▶ _EXERCISE OBJECTIVE_:
Look for the word "were" in the material below. Copy each line that has it.

▶ _AVAILABLE RECORDS_:
☆ ☆ ☆ ☆ ☆ ☆ ☆

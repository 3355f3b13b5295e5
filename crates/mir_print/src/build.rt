ghost use Rattle.std.specs.Prelude.{◌≡◌, ◌++◌, ◌+◌, ◌<◌, ◌≤◌, [], ◌∷◌, List, codes, length, map, drop, min};
ghost use Rattle.mir_syntax.specs.Crate.{def_of, variant_of, field_of};
ghost use Rattle.mir_syntax.specs.Tree.{at_id, trees_of};
ghost use Rattle.mir_text.specs.TypeText.{piece, def_at, comma_list};
ghost use Rattle.mir_text.specs.PlaceText.{variant_at, operand_text};
ghost use Rattle.mir_text.specs.StatementText.{variant_path, more_named, named_text, build_parts, build_text, tuple_text};
ghost use Rattle.mir_print.specs.Seen.{crate_in};
ghost use Rattle.mir_print.specs.Prints.{Goes, at};

use crate::output::Output;
use crate::place::{put_more_operands, put_operand, put_operands};
use crate::types::put_name;
use mir_syntax::{Def, Field, Form, Name, Operand, Program, TyId, Variant};
use pipe_io::Sink;

/// Prints a tuple; a lone part has a comma.
#[tactic(auto, using(crate::proofs::Printing::goes_then), unfolding(mir_text::specs::StatementText::tuple_text))]
pub fn put_tuple_build<K: Sink>(
    output: &mut Output,
    sink: &mut K,
    program: &Program,
    locals: &[TyId],
    operands: &[Operand],
)
    ensures { Goes (at (K.written sink.old) (K.faults sink.old) output.old)
        (at (K.written sink.new) (K.faults sink.new) output.new) (tuple_text (crate_in program.now) (map (at_id (trees_of program.now.types)) locals.now) operands.now) }
{
    match operands {
        [] => output.put(sink, b"()"),
        [only] => {
            output.put(sink, b"(");
            put_operand(output, sink, program, locals, only);
            output.put(sink, b",)");
        }
        [first, others @ ..] => {
            output.put(sink, b"(");
            put_operand(output, sink, program, locals, first);
            put_more_operands(output, sink, program, locals, others);
            output.put(sink, b")");
        }
    }
}

// An operand with the name of its field.
#[tactic(auto, using(crate::proofs::Printing::goes_then))]
fn put_named<K: Sink>(
    output: &mut Output,
    sink: &mut K,
    program: &Program,
    locals: &[TyId],
    field: &Field,
    operand: &Operand,
)
    ensures { Goes (at (K.written sink.old) (K.faults sink.old) output.old)
        (at (K.written sink.new) (K.faults sink.new) output.new) (piece field.now.name ++ (piece (codes ": ") ++ operand_text (crate_in program.now) (map (at_id (trees_of program.now.types)) locals.now) operand.now)) }
{
    put_name(output, sink, &field.name);
    output.put(sink, b": ");
    put_operand(output, sink, program, locals, operand);
}

#[tactic(auto, using(crate::proofs::Printing::goes_then))]
fn put_next_named<K: Sink>(
    output: &mut Output,
    sink: &mut K,
    program: &Program,
    locals: &[TyId],
    field: &Field,
    operand: &Operand,
)
    ensures { Goes (at (K.written sink.old) (K.faults sink.old) output.old)
        (at (K.written sink.new) (K.faults sink.new) output.new) (piece (codes ", ") ++ (piece field.now.name ++ (piece (codes ": ") ++ operand_text (crate_in program.now) (map (at_id (trees_of program.now.types)) locals.now) operand.now))) }
{
    output.put(sink, b", ");
    put_named(output, sink, program, locals, field, operand);
}

// Operands with the names of their fields, after the first one.
fn put_more_named<K: Sink>(
    output: &mut Output,
    sink: &mut K,
    program: &Program,
    locals: &[TyId],
    fields: &[Field],
    operands: &[Operand],
)
    ensures { Goes (at (K.written sink.old) (K.faults sink.old) output.old)
        (at (K.written sink.new) (K.faults sink.new) output.new) (more_named (crate_in program.now) (map (at_id (trees_of program.now.types)) locals.now) (map (field_of (trees_of program.now.types)) fields.now) operands.now) }
{
    let count = fields.len().min(operands.len());
    for index in 0..count {
        put_next_named(
            output,
            sink,
            program,
            locals,
            &fields[index],
            &operands[index],
        );
    }
}

// Operands with the names of their fields, in braces.
#[tactic(auto, using(crate::proofs::Printing::goes_then), unfolding(mir_text::specs::StatementText::named_text))]
fn put_all_named<K: Sink>(
    output: &mut Output,
    sink: &mut K,
    program: &Program,
    locals: &[TyId],
    fields: &[Field],
    operands: &[Operand],
)
    ensures { Goes (at (K.written sink.old) (K.faults sink.old) output.old)
        (at (K.written sink.new) (K.faults sink.new) output.new) (named_text (crate_in program.now) (map (at_id (trees_of program.now.types)) locals.now) (map (field_of (trees_of program.now.types)) fields.now) operands.now) }
{
    match fields {
        [] => output.put(sink, b" {}"),
        [field, others @ ..] => put_some_named(
            output, sink, program, locals, field, others, operands,
        ),
    }
}

#[tactic(auto, using(crate::proofs::Printing::goes_then), unfolding(mir_text::specs::StatementText::named_text))]
fn put_some_named<K: Sink>(
    output: &mut Output,
    sink: &mut K,
    program: &Program,
    locals: &[TyId],
    field: &Field,
    fields: &[Field],
    operands: &[Operand],
)
    ensures { Goes (at (K.written sink.old) (K.faults sink.old) output.old)
        (at (K.written sink.new) (K.faults sink.new) output.new) (named_text (crate_in program.now) (map (at_id (trees_of program.now.types)) locals.now) (field_of (trees_of program.now.types) field.now ∷ map (field_of (trees_of program.now.types)) fields.now) operands.now) }
{
    match operands {
        [] => output.put(sink, b" {}"),
        [operand, operands @ ..] => {
            output.put(sink, b" { ");
            put_name(output, sink, &field.name);
            output.put(sink, b": ");
            put_operand(output, sink, program, locals, operand);
            put_more_named(output, sink, program, locals, fields, operands);
            output.put(sink, b" }");
        }
    }
}

#[tactic(auto, using(crate::proofs::Printing::goes_then))]
fn put_tupled<K: Sink>(
    output: &mut Output,
    sink: &mut K,
    program: &Program,
    locals: &[TyId],
    operands: &[Operand],
)
    ensures { Goes (at (K.written sink.old) (K.faults sink.old) output.old)
        (at (K.written sink.new) (K.faults sink.new) output.new) (piece (codes "(") ++ (comma_list (operand_text (crate_in program.now) (map (at_id (trees_of program.now.types)) locals.now)) operands.now ++ piece (codes ")"))) }
{
    output.put(sink, b"(");
    put_operands(output, sink, program, locals, operands);
    output.put(sink, b")");
}

// What follows the path of a build.
#[tactic(auto, using(crate::proofs::Printing::goes_nothing), unfolding(mir_text::specs::StatementText::build_parts))]
fn put_build_parts<K: Sink>(
    output: &mut Output,
    sink: &mut K,
    program: &Program,
    locals: &[TyId],
    variant: &Variant,
    operands: &[Operand],
)
    ensures { Goes (at (K.written sink.old) (K.faults sink.old) output.old)
        (at (K.written sink.new) (K.faults sink.new) output.new) (build_parts (crate_in program.now) (map (at_id (trees_of program.now.types)) locals.now) variant.now.form (map (field_of (trees_of program.now.types)) variant.now.fields) operands.now) }
{
    match variant.form {
        Form::Unit => {}
        Form::Tuple => put_tupled(output, sink, program, locals, operands),
        Form::Named => put_all_named(
            output,
            sink,
            program,
            locals,
            variant.fields.as_slice(),
            operands,
        ),
    }
}

// Behind the path of an enum stands the variant's name.
#[tactic(auto, using(crate::proofs::Printing::goes_then, crate::proofs::Printing::goes_nothing), unfolding(mir_text::specs::StatementText::variant_path))]
fn put_variant_path<K: Sink>(output: &mut Output, sink: &mut K, is_enum: bool, name: &Name)
    ensures { Goes (at (K.written sink.old) (K.faults sink.old) output.old)
        (at (K.written sink.new) (K.faults sink.new) output.new) (variant_path is_enum name.now) }
{
    if is_enum {
        output.put(sink, b"::");
        put_name(output, sink, name);
    }
}

#[tactic(auto, using(crate::proofs::Printing::goes_then), unfolding(mir_text::specs::StatementText::build_text))]
fn put_variant_build<K: Sink>(
    output: &mut Output,
    sink: &mut K,
    program: &Program,
    locals: &[TyId],
    def: &Def,
    variant: &Variant,
    operands: &[Operand],
)
    ensures { Goes (at (K.written sink.old) (K.faults sink.old) output.old)
        (at (K.written sink.new) (K.faults sink.new) output.new) (build_text (crate_in program.now) (map (at_id (trees_of program.now.types)) locals.now) (def_of (trees_of program.now.types) def.now) (variant_of (trees_of program.now.types) variant.now) operands.now) }
{
    put_name(output, sink, &def.path);
    put_variant_path(output, sink, def.is_enum, &variant.name);
    put_build_parts(output, sink, program, locals, variant, operands);
}

// The sign behind the path of an enum where no variant is named.
#[tactic(auto, using(crate::proofs::Printing::goes_then, crate::proofs::Printing::goes_nothing), unfolding(mir_text::specs::StatementText::variant_path))]
fn put_bare_path<K: Sink>(output: &mut Output, sink: &mut K, is_enum: bool)
    ensures { Goes (at (K.written sink.old) (K.faults sink.old) output.old)
        (at (K.written sink.new) (K.faults sink.new) output.new) (variant_path is_enum []) }
{
    if is_enum {
        output.put(sink, b"::");
        output.put(sink, b"");
    }
}

// A build of a variant that the definition doesn't have.
#[tactic(auto, using(crate::proofs::Printing::goes_then))]
fn put_bare_build<K: Sink>(output: &mut Output, sink: &mut K, def: &Def)
    ensures { Goes (at (K.written sink.old) (K.faults sink.old) output.old)
        (at (K.written sink.new) (K.faults sink.new) output.new) (piece def.now.path ++ variant_path def.now.is_enum []) }
{
    put_name(output, sink, &def.path);
    put_bare_path(output, sink, def.is_enum);
}

/// Prints a build of a struct or of a variant of an enum.
pub fn put_build<K: Sink>(
    output: &mut Output,
    sink: &mut K,
    program: &Program,
    locals: &[TyId],
    def: u32,
    variant: u32,
    operands: &[Operand],
)
    ensures { Goes (at (K.written sink.old) (K.faults sink.old) output.old)
        (at (K.written sink.new) (K.faults sink.new) output.new) (build_text (crate_in program.now) (map (at_id (trees_of program.now.types)) locals.now) (def_at (crate_in program.now) def) (variant_at (crate_in program.now) def variant) operands.now) }
{
    let Some(def) = program.defs.get(def as usize) else {
        return;
    };
    match def.variants.get(variant as usize) {
        Some(variant) => put_variant_build(output, sink, program, locals, def, variant, operands),
        None => put_bare_build(output, sink, def),
    }
}
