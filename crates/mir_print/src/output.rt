ghost use Rattle.std.specs.Prelude.{◌≡◌, ◌≤◌, ◌+◌, ◌++◌, ◌↔◌, IsTrue, [], true, false, length, decimal};
ghost use Rattle.std.specs.Io.KnownBytes.{Appends};
ghost use Rattle.pipe_io.specs.Causes.{AppendsFront, Rose};
ghost use Rattle.mir_print.specs.Prints.{Goes, at, counted};
ghost use Rattle.mir_text.specs.TypeText.{piece};

use itoa::Buffer;
use pipe_io::{Sink, write_all};
use std::marker::Model;

const ROOM: usize = 8192;

/// Bytes that are printed and wait to be written, so that a sink is called for many pieces at once, and how many were printed. After a
/// write that failed nothing more is written.
#[derive(Drop)]
pub struct Output {
    bytes: [u8; ROOM],
    filled: usize,
    going: bool,
    count: u64,
}

impl Model for Output {
    ghost use Rattle.std.specs.Prelude.{◌≤◌, take, length};
    ghost use Rattle.mir_print.specs.Prints.{Waiting};

    ghost Value = { Waiting };

    ghost view = { λ output. record { going = output.going; bytes = take output.filled output.bytes; count = output.count } };

    ghost invariant = { λ output. output.filled ≤ 8192 };
}

// Writes a text, and answers whether the sink took it.
fn send<K: Sink>(sink: &mut K, text: &[u8]) -> bool
    ensures sent { result ≡ true → Appends (K.written sink.old) (K.written sink.new) text.now × (K.faults sink.new ≡ K.faults sink.old) }
    ensures stopped { result ≡ false → Rose (K.faults sink.old) (K.faults sink.new) × (K.faults sink.old ≤ K.faults sink.new) }
    ensures front { AppendsFront (K.written sink.old) (K.written sink.new) text.now }
{
    match write_all(sink, text) {
        Ok(()) => true,
        Err(_) => false,
    }
}

impl Output {
    /// Nothing waits.
    pub fn new() -> Output
        ensures { result ≡ record { going = true; bytes = []; count = 0 } }
    {
        Output {
            bytes: [0; ROOM],
            filled: 0,
            going: true,
            count: 0,
        }
    }

    /// Whether no write failed yet.
    pub fn is_going(&self) -> bool
        ensures { result ≡ self.now.going }
    {
        self.going
    }

    /// How many bytes were printed, or 2^64 - 1 where it is more.
    pub fn count(&self) -> u64
        ensures { result ≡ self.now.count }
    {
        self.count
    }

    fn has_room(&self, count: usize) -> bool
        ensures { IsTrue result ↔ (length self.now.bytes + count ≤ 8192) }
    {
        count <= ROOM - self.filled
    }

    // Puts a text behind what waits.
    fn keep(&mut self, text: &[u8])
        requires { length self.old.bytes + length text.now ≤ 8192 }
        ensures bytes { self.new.bytes ≡ self.old.bytes ++ text.now }
        ensures going { self.new.going ≡ self.old.going }
        ensures count { self.new.count ≡ counted self.old.count text.now }
    {
        let end = self.filled + text.len();
        self.bytes[self.filled..end].copy_from_slice(text);
        self.filled = end;
        self.count = self.count.saturating_add(text.len() as u64);
    }

    // Nothing waits any more, and a text was printed.
    fn clear(&mut self, going: bool, text: &[u8])
        ensures { self.new ≡ record { going = going; bytes = []; count = counted self.old.count text.now } }
    {
        self.filled = 0;
        self.going = going;
        self.count = self.count.saturating_add(text.len() as u64);
    }

    // Prints a text that is longer than there is room.
    #[tactic(auto, using(crate::proofs::Printing::goes_passed, crate::proofs::Printing::goes_stopped))]
    fn pass<K: Sink>(&mut self, sink: &mut K, text: &[u8])
        requires { self.old.bytes ≡ [] }
        ensures { Goes (at (K.written sink.old) (K.faults sink.old) self.old)
            (at (K.written sink.new) (K.faults sink.new) self.new) text.now }
    {
        if self.going {
            let going = send(sink, text);
            self.clear(going, text);
        } else {
            self.clear(false, text);
        }
    }

    // Prints a text where nothing waits.
    #[tactic(auto, using(crate::proofs::Printing::goes_kept))]
    fn put_first<K: Sink>(&mut self, sink: &mut K, text: &[u8])
        requires { self.old.bytes ≡ [] }
        ensures { Goes (at (K.written sink.old) (K.faults sink.old) self.old)
            (at (K.written sink.new) (K.faults sink.new) self.new) text.now }
    {
        if self.has_room(text.len()) {
            self.keep(text);
        } else {
            self.pass(sink, text);
        }
    }

    /// Writes what waits.
    #[tactic(auto, using(crate::proofs::Printing::goes_flushed, crate::proofs::Printing::goes_stopped))]
    pub fn flush<K: Sink>(&mut self, sink: &mut K)
        ensures goes { Goes (at (K.written sink.old) (K.faults sink.old) self.old)
            (at (K.written sink.new) (K.faults sink.new) self.new) [] }
        ensures none { self.new.bytes ≡ [] }
    {
        if self.going {
            let going = send(sink, &self.bytes[..self.filled]);
            self.clear(going, &[]);
        } else {
            self.clear(false, &[]);
        }
    }

    // Makes room for a text, and prints it.
    #[tactic(auto, using(crate::proofs::Printing::goes_then))]
    fn put_anew<K: Sink>(&mut self, sink: &mut K, text: &[u8])
        ensures { Goes (at (K.written sink.old) (K.faults sink.old) self.old)
            (at (K.written sink.new) (K.faults sink.new) self.new) ([] ++ text.now) }
    {
        self.flush(sink);
        self.put_first(sink, text);
    }

    /// Prints a text.
    #[tactic(auto, using(crate::proofs::Printing::goes_kept), unfolding(mir_text::specs::TypeText::piece))]
    pub fn put<K: Sink>(&mut self, sink: &mut K, text: &[u8])
        ensures { Goes (at (K.written sink.old) (K.faults sink.old) self.old)
            (at (K.written sink.new) (K.faults sink.new) self.new) (piece text.now) }
    {
        if self.has_room(text.len()) {
            self.keep(text);
        } else {
            self.put_anew(sink, text);
        }
    }

    /// Prints a number in decimal digits.
    pub fn put_number<K: Sink>(&mut self, sink: &mut K, number: u128)
        ensures { Goes (at (K.written sink.old) (K.faults sink.old) self.old)
            (at (K.written sink.new) (K.faults sink.new) self.new) (piece (decimal number)) }
    {
        self.put(sink, Buffer::new().format(number).as_bytes());
    }
}
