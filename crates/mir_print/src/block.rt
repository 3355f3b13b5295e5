ghost use Rattle.std.specs.Prelude.{◌++◌, codes, map};
ghost use Rattle.mir_syntax.specs.Crate.{stmt_of, block_of};
ghost use Rattle.mir_syntax.specs.Tree.{at_id, trees_of};
ghost use Rattle.mir_text.specs.TypeText.{piece};
ghost use Rattle.mir_text.specs.StatementText.{stmts_text};
ghost use Rattle.mir_text.specs.TermText.{block_name, block_text, blocks_text};
ghost use Rattle.mir_print.specs.Seen.{crate_in};
ghost use Rattle.mir_print.specs.Prints.{Goes, at};

use crate::output::Output;
use crate::stmt::put_stmts;
use crate::term::{put_block_name, put_term_line};
use mir_syntax::{Block, Program, TyId};
use pipe_io::Sink;

fn put_stmts_of<K: Sink>(
    output: &mut Output,
    sink: &mut K,
    program: &Program,
    locals: &[TyId],
    block: &Block,
)
    ensures { Goes (at (K.written sink.old) (K.faults sink.old) output.old)
        (at (K.written sink.new) (K.faults sink.new) output.new) (stmts_text (crate_in program.now) (map (at_id (trees_of program.now.types)) locals.now) (map (stmt_of (trees_of program.now.types)) block.now.stmts)) }
{
    put_stmts(output, sink, program, locals, block.stmts.as_slice());
}

#[tactic(auto, using(crate::proofs::Printing::goes_then), unfolding(mir_text::specs::TermText::block_text))]
fn put_block<K: Sink>(
    output: &mut Output,
    sink: &mut K,
    program: &Program,
    locals: &[TyId],
    number: u128,
    block: &Block,
)
    ensures { Goes (at (K.written sink.old) (K.faults sink.old) output.old)
        (at (K.written sink.new) (K.faults sink.new) output.new) (block_text (crate_in program.now) (map (at_id (trees_of program.now.types)) locals.now) number (block_of (trees_of program.now.types) block.now)) }
{
    output.put(sink, b"    ");
    put_block_name(output, sink, number);
    output.put(sink, b": {\n");
    put_stmts_of(output, sink, program, locals, block);
    put_term_line(output, sink, program, locals, &block.term);
    output.put(sink, b"    }\n");
}

// A block after an empty line.
#[tactic(auto, using(crate::proofs::Printing::goes_then))]
fn put_next_block<K: Sink>(
    output: &mut Output,
    sink: &mut K,
    program: &Program,
    locals: &[TyId],
    number: u128,
    block: &Block,
)
    ensures { Goes (at (K.written sink.old) (K.faults sink.old) output.old)
        (at (K.written sink.new) (K.faults sink.new) output.new) (piece (codes "\n") ++ block_text (crate_in program.now) (map (at_id (trees_of program.now.types)) locals.now) number (block_of (trees_of program.now.types) block.now)) }
{
    output.put(sink, b"\n");
    put_block(output, sink, program, locals, number, block);
}

/// Prints the blocks of a body.
pub fn put_blocks<K: Sink>(
    output: &mut Output,
    sink: &mut K,
    program: &Program,
    locals: &[TyId],
    blocks: &[Block],
)
    ensures { Goes (at (K.written sink.old) (K.faults sink.old) output.old)
        (at (K.written sink.new) (K.faults sink.new) output.new) (blocks_text (crate_in program.now) (map (at_id (trees_of program.now.types)) locals.now) 0 (map (block_of (trees_of program.now.types)) blocks.now)) }
{
    for (number, block) in blocks.iter().enumerate() {
        put_next_block(output, sink, program, locals, number as u128, block);
    }
}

☆ ☆ ☆ ☆ ☆ ☆ ☆

▶ _ANSWER SPACE_:
/// Bytes that are printed and wait to be written, so that a sink is called for many pieces at once, and how many were printed. After a
    /// How many bytes were printed, or 2^64 - 1 where it is more.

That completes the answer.